→ What to do
Check each line of the listing for the word "elements" and report how many lines contain it, giving nothing but the number.
[[ Record extracts open ]]
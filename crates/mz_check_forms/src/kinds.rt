// Types, and the tests of them.

ghost use Rattle.std.specs.Prelude.{◌≡◌, [], false, IfOk};
ghost use Rattle.mz_base.specs.Faults.{fault_at};
ghost use Rattle.mz_base.specs.declared.stop.Stop.TheVariants as stop;
ghost use Rattle.mz_base.specs.declared.kind.Kind.TheVariants as kind;
ghost use Rattle.mz_core.specs.Types.{plain_type, is_allowed, is_set, is_text};
ghost use Rattle.mz_core.specs.TreeViews.{tree};
ghost use Rattle.mz_check_meaning.specs.Coerced.{scalar, as_var, element_of, list_of, table_of, made_var, is_scalar, is_set_type};

use crate::type_of;
use mz_base::{Fault, Kind, Memory, Span, Stop};
use mz_core::{Base, Core, Ix, TypeInst};
use std::alloc::Global;

/// A refusal of this kind.
pub fn refusal(kind: Kind, span: Span) -> Stop
    ensures { result ≡ stop.Refused (fault_at kind span) }
{
    Stop::Refused(Fault::at(kind, span))
}

/// The refusal of a type that isn't below the one that its place needs.
pub fn mismatch(span: Span) -> Stop
    ensures { result ≡ stop.Refused (fault_at kind.TypeMismatch span) }
{
    refusal(Kind::TypeMismatch, span)
}

/// The par type of scalars of this base.
#[tactic(auto, unfolding(mz_core::specs::Types::plain_type))]
pub fn scalar(alloc: Global, base: Base) -> TypeInst
    ensures { plain_type result ≡ scalar base }
{
    TypeInst {
        var: false,
        opt: false,
        base,
        dims: Vec::new(alloc),
    }
}

/// The type of scalars of this base, var where the expression is.
#[tactic(auto, unfolding(mz_core::specs::Types::plain_type))]
fn marked_as(alloc: Global, t: &TypeInst, base: Base) -> TypeInst
    ensures { plain_type result ≡ record { var = (plain_type t.now).var; opt = false; base = base; dims = [] } }
{
    TypeInst {
        var: t.var,
        opt: false,
        base,
        dims: Vec::new(alloc),
    }
}

/// The type of scalars of this base, var where the expression is.
pub fn typed_as(alloc: Global, e: &Core, base: Base) -> TypeInst
    ensures { plain_type result ≡ as_var (tree e.now) base }
{
    marked_as(alloc, type_of(e), base)
}

/// The type of an array's elements.
#[tactic(auto, unfolding(mz_core::specs::Types::plain_type))]
pub fn element_of(alloc: Global, t: &TypeInst) -> TypeInst
    ensures { plain_type result ≡ element_of (plain_type t.now) }
{
    TypeInst {
        var: t.var,
        opt: t.opt,
        base: t.base,
        dims: Vec::new(alloc),
    }
}

/// The type of arrays of one dimension, indexed by integers.
#[tactic(auto, unfolding(mz_core::specs::Types::plain_type))]
pub fn list_of(alloc: Global, t: &TypeInst) -> Result<TypeInst, Memory>
    ensures { IfOk result (λ x. plain_type x ≡ list_of (plain_type t.now)) }
{
    let dims = vec![in alloc; Ix::Int]?;
    Ok(TypeInst {
        var: t.var,
        opt: t.opt,
        base: t.base,
        dims,
    })
}

/// The type of arrays of two dimensions, indexed by integers.
#[tactic(auto, unfolding(mz_core::specs::Types::plain_type))]
pub fn table_of(alloc: Global, t: &TypeInst) -> Result<TypeInst, Memory>
    ensures { IfOk result (λ x. plain_type x ≡ table_of (plain_type t.now)) }
{
    let dims = vec![in alloc; Ix::Int, Ix::Int]?;
    Ok(TypeInst {
        var: t.var,
        opt: t.opt,
        base: t.base,
        dims,
    })
}

/// The type, var where this is so.
#[tactic(auto, unfolding(mz_core::specs::Types::plain_type))]
pub fn made_var(var: bool, t: TypeInst) -> TypeInst
    ensures { plain_type result ≡ made_var var (plain_type t) }
{
    TypeInst {
        var: t.var || var,
        opt: t.opt,
        base: t.base,
        dims: t.dims,
    }
}

/// Whether the type is var.
#[tactic(auto, unfolding(mz_core::specs::Types::plain_type))]
pub fn var_of(t: &TypeInst) -> bool
    ensures { result ≡ (plain_type t.now).var }
{
    t.var
}

/// The base of a scalar or of an array's elements.
#[tactic(auto, unfolding(mz_core::specs::Types::plain_type))]
pub fn base_of(t: &TypeInst) -> Base
    ensures { result ≡ (plain_type t.now).base }
{
    t.base
}

/// Whether the type is none of arrays.
#[tactic(auto, unfolding(mz_core::specs::Types::plain_type))]
pub fn is_scalar(t: &TypeInst) -> bool
    ensures { result ≡ is_scalar (plain_type t.now) }
{
    t.dims.is_empty()
}

/// The index types of an array, of which a scalar has none.
#[tactic(auto, unfolding(mz_core::specs::Types::plain_type))]
pub fn dims_of(t: &TypeInst) -> &[Ix]
    ensures { result.now ≡ (plain_type t.now).dims }
{
    &t.dims
}

fn is_set(base: Base) -> bool
    ensures { result ≡ is_set base }
{
    match base {
        Base::SetInt => true,
        Base::SetEnum(_) => true,
        Base::SetBottom => true,
        _ => false,
    }
}

fn is_text(base: Base) -> bool
    ensures { result ≡ is_text base }
{
    match base {
        Base::Text => true,
        _ => false,
    }
}

/// Whether the type is one of sets, and of no arrays of them.
#[tactic(auto, unfolding(mz_core::specs::Types::plain_type))]
pub fn is_set_type(t: &TypeInst) -> bool
    ensures { result ≡ is_set_type (plain_type t.now) }
{
    is_set(t.base) && is_scalar(t)
}

/// Whether there is such a type: no option of a set or of a text, and no var text.
#[tactic(auto, unfolding(mz_core::specs::Types::plain_type))]
pub fn is_allowed(t: &TypeInst) -> bool
    ensures { result ≡ is_allowed (plain_type t.now) }
{
    !(t.opt && (is_set(t.base) || is_text(t.base))) && !(t.var && is_text(t.base))
}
[[ Record extracts closed ]]
→ Response area
2